Marginal branch comes off Cx


What is coronary perfusion gradient? 

coronary perfusion gradient = aortic root pressure (at aorta, when blood just leaves to go into coronary vessels) - LV pressure (at the very end of blood vessels at endocardial surface). basically it is a difference in pressure between where coronary blood enters and where at the tips of arterioles where it ends. the more pressure difference, the better the flow -> better perfused heart

at systole: Aortic pressure = 120; left ventricular pressure = 120, pressure gradient = 0  - no coronary blood flow

at diastole: aortic pressure = 90, LV pressure = 10, coronary perfusion gradient = 80 - coronary blood flow

coronary blood flow happens during diastole. during systole left ventricular chamber pressure is so high that it literally squeezes coronary arteries to a point no blood flow can get through

because flow occurs only in diastole, duration of diastole is very important. normally 2:1 so heart can perfuse well, but this ratio decreases as HR rises


What determines coronary blood flow?

coronary perfusion gradient = difference in pressure between aortic root (entry of blood) and left ventricular chamber (end of blood flow) is what forces blood through coronary circulation.

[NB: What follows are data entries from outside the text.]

// One NaN: whatever NaN enters is 7FC00000 to a cell, to a temp and to EqHash. What nobody stores to keeps its bits, and so
// does what a host put into a state of its own making, until Negate, DivGuard or one of Floor, Ceil, Trunc and Abs takes it.
ghost use Rattle.std.specs.Prelude.{◌≡◌};

use crate::code::CaseFile;
use crate::floats::{NAN, ONE};
use crate::op;
use crate::op::{Op, Record, ToRecord};
use crate::report::Tally;
use crate::run::{Cells, FRESH, unlimited};
use eval::machine::State;
use eval::ops::{eq_hash, guard, load_temp, math1_acc, negate_acc, store_var};
use eval::slot::{FLOAT, HASH, MISSING, OTHER};
use program::instr::{Divisor, EqOp, Fn1, HashIdx, NameIdx, PostIdx, TempIdx};
use tables::Program;
use vm::Refusal;

// What EqHash gives where it meets its hash.
const TRUE: u32 = ONE;

// Another NaN, where one is enough.
const ANOTHER: u32 = 0xFFC0_0001;

// Quiet and signalling, of both signs.
const PATTERNS: [u32; 9] = [
    0x7FC0_0001,
    0xFFC0_0001,
    0xFFC0_0000,
    0x7F80_0001,
    0xFF80_0001,
    0x7FBF_FFFF,
    0xFFBF_FFFF,
    0x7FFF_FFFF,
    0xFFFF_FFFF,
];

// Constants: the NaN that enters, 7FC00000 and -0.0.
const N: u8 = 13;

const CLEAN: u8 = 14;

const MINUS_ZERO: u8 = 15;

pub fn cases(tally: &mut Tally) {
    constants(tally);
    offsets(tally);
    remainders(tally);
    comparisons(tally);
    loads(tally);
    negations(tally);
    keeps(tally);
    guards(tally);
    copies(tally);
}

// ---- calls: one record makes the NaN enter, and those behind it show what it is

fn constants(tally: &mut Tally) {
    let constant = Op::Const.with(u32::from(N));
    enters(tally, "NaN enters by a constant, Const", op::ZERO, constant);
    let pushed = Op::PushConst.with(u32::from(N));
    enters(
        tally,
        "NaN enters by a constant, PushConst",
        op::ZERO,
        pushed,
    );
    let each = Op::EachBegin.with(6);
    enters(tally, "NaN enters by a constant, EachBegin", op::ZERO, each);
}

// Post 1 has the offset, and false takes it.
fn offsets(tally: &mut Tally) {
    let and = Op::AndLast.alone().posted(1);
    enters(tally, "NaN enters by an offset, AndLast", op::ZERO, and);
    let or = Op::OrLast.alone().posted(1);
    enters(tally, "NaN enters by an offset, OrLast", op::ZERO, or);
    let step = Op::AndStep.with(2).posted(1);
    enters(tally, "NaN enters by an offset, AndStep", op::ZERO, step);
    let not = Op::Not.alone().posted(1);
    enters(tally, "NaN enters by an offset, Not", op::ONE, not);
}

fn remainders(tally: &mut Tally) {
    let record = Op::Mod.alone().posted(1);
    enters(
        tally,
        "NaN enters by an offset, Mod by +0.0",
        op::ZERO,
        record,
    );
    let zero = u32::from(MINUS_ZERO);
    enters(tally, "NaN enters by an offset, Mod by -0.0", zero, record);
}

// The operand that Cmp and Eq take is not there, and counts as +0.0.
fn comparisons(tally: &mut Tally) {
    let cmp = Op::Cmp.alone().posted(1);
    enters(tally, "NaN enters by an offset, Cmp", op::ZERO, cmp);
    let cmp = Op::CmpConst.with(op::ZERO).posted(1);
    enters(tally, "NaN enters by an offset, CmpConst", op::ZERO, cmp);
    let eq = Op::Eq.alone().posted(1);
    enters(tally, "NaN enters by an offset, Eq", op::ONE, eq);
    let eq = Op::EqConst.with(op::ZERO).posted(1);
    enters(tally, "NaN enters by an offset, EqConst", op::ONE, eq);
    let eq = Op::EqHash.with(0).posted(1);
    enters(tally, "NaN enters by an offset, EqHash", op::ONE, eq);
}

// Post 2 is an identity beside post 0, under which a hash counts as its low half.
fn loads(tally: &mut Tally) {
    let var = Op::LoadVar.with(0);
    let context = Op::LoadCtx.with(0);
    let var_hash = Op::LoadVar.with(2).posted(2);
    let context_hash = Op::LoadCtx.with(2).posted(2);
    enters(tally, "NaN enters by this", op::ZERO, Op::This.alone());
    enters(tally, "NaN enters by a cell", op::ZERO, var);
    enters(tally, "NaN enters by a context cell", op::ZERO, context);
    let name = "NaN enters by the low half of a hash, LoadVar";
    enters(tally, name, op::ZERO, var_hash);
    let name = "NaN enters by the low half of a hash, LoadCtx";
    enters(tally, name, op::ZERO, context_hash);
}

// Of 7FC00000, under the identities: its sign is not turned over.
fn negations(tally: &mut Tally) {
    let clean = u32::from(CLEAN);
    let negate = Op::Negate.alone();
    enters(tally, "NaN from Negate, post 0", clean, negate);
    enters(
        tally,
        "NaN from Negate, another (1, 0)",
        clean,
        negate.posted(2),
    );
    enters(tally, "NaN from Negate, (1, -0)", clean, negate.posted(3));
}

fn enters(tally: &mut Tally, name: &str, constant: u32, record: Record) {
    let every = PATTERNS.iter().all(|&n| is_one(n, constant, record));
    tally.verdict(name, every);
}

// Whether the NaN `n` is 7FC00000 behind the record: in cell 1, in temp 0 and to EqHash.
fn is_one(n: u32, constant: u32, record: Record) -> bool {
    let left = called(&file(n, constant, record), n);
    left.is_ok_and(|x| x.value == TRUE && x.cell == u64::from(NAN) && x.temp == NAN)
}

// ---- what is not stored to

fn keeps(tally: &mut Tally) {
    let constant = Op::Const.with(op::ZERO);
    let var = Op::LoadVar.with(0);
    let hash = Op::LoadVar.with(2).posted(2);
    let context = Op::LoadCtx.with(0);
    tally.verdict("NaN stays in a cell, not read", kept(constant));
    tally.verdict("NaN stays in a cell, read", kept(var));
    tally.verdict("NaN stays in the low half of a hash, read", kept(hash));
    tally.verdict("NaN stays in a context cell, read", kept(context));
    let name = "NaN stays in a hash of the file, EqHash after its constant";
    tally.verdict(name, no_number());
}

fn kept(record: Record) -> bool {
    called(&file(ANOTHER, op::ZERO, record), ANOTHER).is_ok_and(|x| x.kept)
}

// The file's hash stays as it is too, and the constant that has its bits is another number: EqHash gives +0.0.
fn no_number() -> bool {
    let f = file(ANOTHER, u32::from(N), Op::EqHash.with(1));
    called(&f, ANOTHER).is_ok_and(|x| x.cell == 0)
}

// ---- the file and the call

// Const c, the record, StoreVar 1, StoreTemp 0, EqHash with 7FC00000, End; and behind them what EachBegin looks for.
fn file(n: u32, constant: u32, record: Record) -> CaseFile {
    holding(
        n,
        &[
            Op::Const.with(constant),
            record,
            Op::StoreVar.with(1),
            Op::StoreTemp.with(0),
            Op::EqHash.with(0),
            Op::End.alone(),
            Op::Const.with(u32::from(N)),
            Op::Push.alone(),
            Op::Jump.with(2),
        ],
    )
}

// A file whose constant, offset and hash are `n`.
fn holding(n: u32, code: &[Record]) -> CaseFile {
    CaseFile::new(code)
        .constant(N, n)
        .constant(CLEAN, NAN)
        .constant(MINUS_ZERO, 0x8000_0000)
        .post(1, TRUE, n)
        .hash(0, u64::from(NAN))
        .hash(1, u64::from(n))
}

// What a call left: the value, cell 1, temp 0, and whether cell 1 was stored to and all else is as it was.
#[derive(Clone, Copy)]
struct Left {
    value: u32,
    cell: u64,
    temp: u32,
    kept: bool,
}

// The call with `n` in `this`, in a float and in the low half of a hash, of the cells and of the context.
fn called(file: &CaseFile, n: u32) -> Result<Left, Refusal> {
    let entry = Cells {
        kinds: [FLOAT, MISSING, HASH, OTHER],
        values: [u64::from(n), 7, 0x1122_3344_0000_0000 + u64::from(n), 9],
    };
    let mut cells = entry;
    let account = vm::call(
        file.as_slice(),
        &mut cells.kinds,
        &mut cells.values,
        entry.slots(),
        unlimited(n),
        &mut [0; 4],
        &mut [0; 1],
        &mut [0; 1],
    )?;
    let cell = cells.values[1];
    let mut stored = entry;
    stored.kinds[1] = FLOAT;
    stored.values[1] = cell;
    Ok(Left {
        value: account.end.value,
        cell,
        temp: account.end.temps.numbers[0],
        kept: cells == stored,
    })
}

// ---- a state that a host made up

fn guards(tally: &mut Tally) {
    let signed = PATTERNS.iter().all(|&n| guarded(Divisor::Signed, n));
    tally.verdict("a host's NaN, DivGuard signed pushes 7FC00000", signed);
    let absolute = PATTERNS.iter().all(|&n| guarded(Divisor::Absolute, n));
    tally.verdict("a host's NaN, DivGuard absolute pushes 7FC00000", absolute);
}

// 7FC00000 is pushed, and the accumulator stays.
fn guarded(divisor: Divisor, n: u32) -> bool {
    let mut stack = [0u32; 1];
    let s = guard(host(n), divisor, 9, &mut stack);
    s.stack == 1 && stack == [NAN] && s.acc == n
}

// An accumulator on empty stacks.
fn host(n: u32) -> State
    ensures { (result.pos ≡ 0) × (result.stack ≡ 0) × (result.handlers ≡ 0) }
{
    State { acc: n, ..FRESH }
}

// What only moves within the machine moves as it is; what Negate and the four make of it is 7FC00000.
fn copies(tally: &mut Tally) {
    tally.verdict("a host's NaN, Push pushes it", pushes(ANOTHER));
    tally.verdict("a host's NaN, StoreVar stores it", stores(ANOTHER));
    tally.verdict("a host's NaN, LoadTemp loads it", loads_temp(ANOTHER));
    tally.verdict("a host's NaN, EqHash meets it", meets(ANOTHER));
    tally.verdict("a host's NaN, Negate gives 7FC00000", negates(ANOTHER));
    let made = PATTERNS.iter().all(|&n| makes_one(n));
    tally.verdict(
        "a host's NaN, Floor, Ceil, Trunc and Abs give 7FC00000",
        made,
    );
}

// A program of no tables: each record that is made up has post 0, which is read nowhere.
const BARE: Program<'static> = Program {
    code: &[],
    consts: &[],
    posts: &[],
    hashes: &[],
};

fn pushes(n: u32) -> bool {
    let mut stack = [0u32; 1];
    let s = host(n);
    let t = s.push(s.acc, &mut stack);
    t.stack == 1 && stack == [n] && t.acc == n
}

fn stores(n: u32) -> bool {
    let mut kinds = [0u8; 1];
    let mut values = [7u64; 1];
    let s = store_var(
        host(n),
        NameIdx(0),
        PostIdx::PLAIN,
        BARE,
        &mut kinds,
        &mut values,
    );
    kinds == [FLOAT] && values == [u64::from(n)] && s.acc == n
}

fn loads_temp(n: u32) -> bool {
    let temps = [Some(n); 8];
    let s = load_temp(host(0), TempIdx(0), PostIdx::PLAIN, BARE, &[0; 1], &temps);
    s.acc == n
}

fn meets(n: u32) -> bool {
    let file = holding(n, &[]);
    let program = Program {
        hashes: file.hash_bytes(),
        ..BARE
    };
    eq_hash(host(n), EqOp::Eq, HashIdx(1), PostIdx::PLAIN, program).acc == TRUE
}

fn negates(n: u32) -> bool {
    negate_acc(host(n), PostIdx::PLAIN, BARE).acc == NAN
}

fn makes_one(n: u32) -> bool {
    let mut four = [Fn1::Floor, Fn1::Ceil, Fn1::Trunc, Fn1::Abs].into_iter();
    four.all(|f| math1_acc(host(n), f, PostIdx::PLAIN, BARE).acc == NAN)
}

coronary circulation is opposed by coronary resistance, which is a combination of arteriolar tone (ex.vasoconstriction) and LV pressure in diastole when blood flow happens (if LV pressure high even in diastole, not a lot of blood can make it through coronary vessels if LV squeezes coronary vessels in)

duration of diastole is important. at resting 2:1 so heart has enough time to perfuse, as HR increases, diastole becomes shorter

from lecture


What are some of the factors that influence coronary artery resistance?

from lecture, in the order of importance

  • metabolic - ischemia produces increase in adenosine, H+, K+, CO2 an fall in O2 - causes vasodilation of arterioles and relaxation of precapillary sphincters
  • endothelial - secretes EDRF/NO - vasodilatory, can also produce prostacyclin (vasodilator), endothelin (vasoconstrictor)
  • neurogenic - alpha stimulated - vasoconstriction, beta 2 - vasodilation; parasympathetic - vasodilation
  • myogenic - smooth muscle contracts/relaxes depending on perfusion pressure 
  • stenoses - atherosclerotic plaques and spasms


What is coronary reserve?

Difference between resting coronary blood flow and maximum coronary blood flow is called coronary reserve.

Coronary flow may increase up to 5x during heavy exercise and coronary reserve must be adequate to meet this increase. if it is not adequate, ischemia results. if ischemia is prolonged for more then 15-20 minutes, myocardium begins to infarct/necrose.